ASSIGNMENT - The expected output is a copy of every line in the records with the string "items".

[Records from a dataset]
+--

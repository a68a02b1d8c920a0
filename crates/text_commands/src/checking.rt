//! The command `check`: the list of the one text that the input is.
ghost use Rattle.std.specs.Prelude.{◌≡◌, ◌≢◌, ◌≤◌, []};
ghost use Rattle.py_base.specs.Causes.{Rose};
ghost use Rattle.edge_io.specs.Stream.{before};
ghost use Rattle.text_commands.specs.Checked.{Checks, Comes};
ghost use Rattle.text_commands.specs.Parts.{ChecksBytes, WritesList};

use crate::check_text::check_text;
use crate::listing::list_of;
use crate::output::served;
use crate::whole::{WholeFault, read_whole};
use edge_io::{Sink, Source, put_all};
use py_base::{Diag, NoMemory};
use serial_server::{Served, Status, Worker};
use std::alloc::Global;
use std::str;

/// Reads the whole input as one text, and writes a line for each diagnostic of its list.
///
/// The status is 0 where the list is empty, 1 where it isn't, 3 or 4 where a device failed, 5 where memory
/// was not had, 6 where more than 4,194,304 bytes came, and 7 where the bytes are no UTF-8. With all but 1
/// and 4 nothing is written.
pub fn check_once<A: Worker, S: Source, K: Sink>(
    alloc: Global,
    worker: &mut A,
    source: &mut S,
    sink: &mut K,
) -> Served
    ensures checks { Checks A.has_list result.status result.bytes_taken (S.ended source.new) (S.left source.old) (S.left source.new) (K.written sink.old) (K.written sink.new) }
    ensures served { result.status ≢ 2 }
    ensures journal { result.journal ≡ [] }

    // A fault is answered where a device failed, and nowhere else.
    ensures read_fault { result.status ≡ 3 → Rose (S.faults source.old) (S.faults source.new) }
    ensures reads { result.status ≢ 3 → S.faults source.new ≡ S.faults source.old }
    ensures write_fault { result.status ≡ 4 → Rose (K.faults sink.old) (K.faults sink.new) }
    ensures writes { result.status ≢ 4 → K.faults sink.new ≡ K.faults sink.old }
{
    let mut bytes = Vec::new(alloc);
    let status = check_whole(alloc, worker, source, &mut bytes, sink);
    served(alloc, status, bytes.len() as u64)
}

// The list of the whole input, written; its bytes are taken behind none.
fn check_whole<A: Worker, S: Source, K: Sink>(
    alloc: Global,
    worker: &mut A,
    source: &mut S,
    bytes: &mut Vec<u8>,
    sink: &mut K,
) -> Status
    requires { bytes.old.items ≡ [] }
    ensures comes { Comes A.has_list result bytes.new.items (S.ended source.new) (K.written sink.old) (K.written sink.new) }
    ensures taken { S.left source.old ≡ before bytes.new.items (S.left source.new) }
    ensures read_fault { result ≡ Status.ReadFault → Rose (S.faults source.old) (S.faults source.new) }
    ensures reads { result ≢ Status.ReadFault → S.faults source.new ≡ S.faults source.old }
    ensures write_fault { result ≡ Status.WriteFault → Rose (K.faults sink.old) (K.faults sink.new) }
    ensures writes { result ≢ Status.WriteFault → K.faults sink.new ≡ K.faults sink.old }
{
    match read_whole(source, bytes) {
        Ok(()) => check_bytes(alloc, worker, bytes.as_slice(), sink),
        Err(WholeFault::ReadFault) => Status::ReadFault,
        Err(WholeFault::TooLong) => Status::TooLong,
        Err(WholeFault::Memory) => Status::NoMemory,
    }
}

// The list of these bytes, written.
fn check_bytes<A: Worker, K: Sink>(
    alloc: Global,
    worker: &mut A,
    bytes: &[u8],
    sink: &mut K,
) -> Status
    ensures checks { ChecksBytes A.has_list result bytes.now (K.written sink.old) (K.written sink.new) }
    ensures write_fault { result ≡ Status.WriteFault → Rose (K.faults sink.old) (K.faults sink.new) }
    ensures writes { result ≢ Status.WriteFault → K.faults sink.new ≡ K.faults sink.old }
{
    let Ok(text) = str::from_utf8(bytes) else {
        return Status::NotText;
    };
    match list_of(alloc, worker, text) {
        Ok(list) => write_list(alloc, list.as_slice(), sink),
        Err(NoMemory) => Status::NoMemory,
    }
}

// A list, written.
fn write_list<K: Sink>(alloc: Global, list: &[Diag], sink: &mut K) -> Status
    ensures writes_list { WritesList result list.now (K.written sink.old) (K.written sink.new) }
    ensures write_fault { result ≡ Status.WriteFault → Rose (K.faults sink.old) (K.faults sink.new) }
    ensures writes { result ≢ Status.WriteFault → K.faults sink.new ≡ K.faults sink.old }
{
    let Ok(text) = check_text(alloc, list) else {
        return Status::NoMemory;
    };
    if put_all(sink, text.as_bytes()).is_err() {
        return Status::WriteFault;
    }
    if list.is_empty() {
        return Status::Done;
    }
    Status::Found
}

+--

THE COMPLETED TASK -
    requires { bytes.old.items ≡ [] }
    ensures comes { Comes A.has_list result bytes.new.items (S.ended source.new) (K.written sink.old) (K.written sink.new) }
    ensures taken { S.left source.old ≡ before bytes.new.items (S.left source.new) }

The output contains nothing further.